"Black Volta" by Pete K.J.
This superbly written fiction tells the interwoven tales of two people who travel to Ghana from different parts of North and South America, for very different reasons – one a Ghanaian emigrant, the other with a very intriguing reason to return to a country he once lived in. As the tale develops, both start to reveal gripping and promising backstories, and as the possibilities begin to take shape, a degree of tension grows beneath the surface; I found myself utterly gripped. That said, the book does not actually go in any of the ways I was anticipating - though to tell the truth this fact actually makes it better; Black Volta benefits from remaining downplayed. It is not melodrama but perhaps only just really drama, with an enthralling teaser of a plot. Ultimately, though, the real purpose of this tale as a whole is actually more profound than any of its parts.
The characters’ life stories are told against the backdrop of an affectionate, detailed account of the country’s rich culture, its warm and friendly people, and the casual corruption permeating every level of a nation making fast progress; throughout, the hospitality, generosity and culinary offerings of the people of Ghana are a delight to behold. Joint main character Liz is something of a foil to the laid-back attitude of her people, having worked extremely hard to make a professional life in the States, in order to look after a wayward family back home, whilst American Carlos has, arguably, gone the opposite way in life. The book is perhaps a touch long, and a vivid slow burner for its duration, but generally it is a more thoughtful tale of guilt, redemption and the ultimate affect that the two characters have on each other’s lives – despite a relatively brief and tenuous connection.

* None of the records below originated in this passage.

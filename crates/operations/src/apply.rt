// The operations on the sets of cells: shortcuts, the memory of answers, the two sides, then the cell over them.
// What writes takes the bare words, for the reason that `pool` of `cells` gives.
ghost use Rattle.std.specs.Prelude.{◌≡◌, ◌<◌, ◌≤◌, OnOk};
ghost use Rattle.stores.specs.declared.fault.StoreFault.TheVariants.{NoNumber};
ghost use Rattle.cells.specs.Cells.{level, low_at, high_at};
ghost use Rattle.operations.specs.Ops.{meaning, known_of};
ghost use Rattle.operations.specs.Taken.{Parted};
ghost use Rattle.cells.specs.Words.{WellFormed, Valid, switches, count, cells_of, op_of, StepOutcome, Remembers, Operated};

use super::working::{Working, recall, remember};
use cells::layout::{ALL, EMPTY};
use cells::node::Node;
use cells::pool::{cut_cells, join_cells};
use cells::questions::Cells;
use stores::connective::Connective;
use stores::fault::StoreFault;
use stores::in_words::{COUNT_WORD, FLOOR};

// One more than the switch of a cell, or 0. No Option, since levels are compared.
pub(crate) fn level_of(cells: &Cells<'_>, cell: u32) -> u32
    requires { cell < count cells.now.words.now }
    ensures is { result ≡ level (cells_of cells.now.words.now) cell }
    ensures within { result ≤ switches cells.now.words.now }
{
    if cell < FLOOR {
        0
    } else {
        cells.node(cell).switch + 1
    }
}

// The two sides of a cell at a switch.
#[derive(Clone, Copy)]
pub(crate) struct Sided {
    pub(crate) low: u32,
    pub(crate) high: u32,
}

// The highest switch that two cells ask, and their sides at it.
#[derive(Clone, Copy)]
pub(crate) struct Parts {
    pub(crate) switch: u32,
    pub(crate) a: Sided,
    pub(crate) b: Sided,
}

// The sides of a cell at a switch: itself twice where it asks a lower one.
pub(crate) fn sides_at(cells: &Cells<'_>, switch: u32, cell: u32) -> Sided
    requires { (cell < count cells.now.words.now) × (switch < switches cells.now.words.now) }
    ensures low { result.low ≡ low_at (cells_of cells.now.words.now) switch cell }
    ensures high { result.high ≡ high_at (cells_of cells.now.words.now) switch cell }
{
    if level_of(cells, cell) == switch + 1 {
        let node = cells.node(cell);
        Sided {
            low: node.low,
            high: node.high,
        }
    } else {
        Sided {
            low: cell,
            high: cell,
        }
    }
}

// Two cells, one of which asks a switch, taken apart.
pub(crate) fn take_apart(cells: &Cells<'_>, a: u32, b: u32) -> Parts
    requires { (a < count cells.now.words.now) × ((b < count cells.now.words.now) × (2 ≤ b)) }
    ensures { Parted cells.now.words.now a b result }
{
    let switch = level_of(cells, a).max(level_of(cells, b)) - 1;
    Parts {
        switch,
        a: sides_at(cells, switch, a),
        b: sides_at(cells, switch, b),
    }
}

// The answer where it needs no recursion.
pub(crate) fn known(op: Connective, a: u32, b: u32) -> Option<u32>
    ensures { result ≡ known_of op a b }
{
    match (op, a, b) {
        (Connective::Both, EMPTY, _) | (Connective::Both, _, EMPTY) => Some(EMPTY),
        (Connective::Both, ALL, x) | (Connective::Both, x, ALL) => Some(x),
        (Connective::Either, ALL, _) | (Connective::Either, _, ALL) => Some(ALL),
        (Connective::Either, EMPTY, x) | (Connective::Either, x, EMPTY) => Some(x),
        (Connective::Less, EMPTY, _) | (Connective::Less, _, ALL) => Some(EMPTY),
        (Connective::Less, x, EMPTY) => Some(x),
        (Connective::Less, ..) if a == b => Some(EMPTY),
        _ if a == b => Some(a),
        _ => None,
    }
}

// An operation on the sets of two cells.
pub(crate) fn combine(words: &mut [u32], op: Connective, a: u32, b: u32) -> Result<u32, StoreFault>
    requires formed { WellFormed words.old }
    requires remembers { Remembers (meaning op) words.old }
    requires a { a < count words.old }
    requires b { b < count words.old }
    ensures outcome { StepOutcome words.old words.new (op_of (meaning op) words.old a b) result }
    ensures remembers { OnOk result (Remembers (meaning op) words.new) }
{
    if let Some(r) = known(op, a, b) {
        return Ok(r);
    }
    let cells = Cells { words };
    if let Some(found) = recall(&cells, op, a, b) {
        return Ok(found);
    }
    let p = take_apart(&cells, a, b);
    let low = combine(words, op, p.a.low, p.b.low)?;
    let high = combine(words, op, p.a.high, p.b.high)?;
    let node = Node {
        switch: p.switch,
        low,
        high,
    };
    let r = join_cells(words, node)?;
    remember(words, a, b, r);
    Ok(r)
}

// An operation on two held sets.
pub fn operate(words: &mut [u32], op: Connective, a: u32, b: u32) -> Result<u32, StoreFault>
    requires { Valid words.old }
    ensures { Operated words.old words.new ((a < count words.old) × (b < count words.old)) NoNumber (op_of (meaning op) words.old a b) result }
{
    let held = words[COUNT_WORD];
    if a >= held || b >= held {
        return Err(StoreFault::NoNumber);
    }
    let guard = Working { words };
    match combine(guard.words, op, a, b) {
        Ok(r) => Ok(r),
        Err(e) => {
            cut_cells(guard.words, held);
            Err(e)
        }
    }
}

KJ is a superb author, drawing the reader in effortlessly
as he writes. The language and narrative are top quality, written with
eloquence and articulation, by someone who is clearly a professional, and a well-educated
lover of travel, food and cultures. If
you are someone of similar tastes, who prefers their fiction mature,
considerate and understated, I am in no doubt that you will like it, too. I have never considered the notion of visiting
Ghana before, but after reading this excellent book, I wonder if I might just
reconsider. If nothing else, KJ plants a
seed in the reader’s mind, that the wonderful people of this African country
might just possess a warmth and kindness that is seldom seen in many other
parts of the world – for this alone, I suspect he will feel that he was
achieved what he set out to with this work.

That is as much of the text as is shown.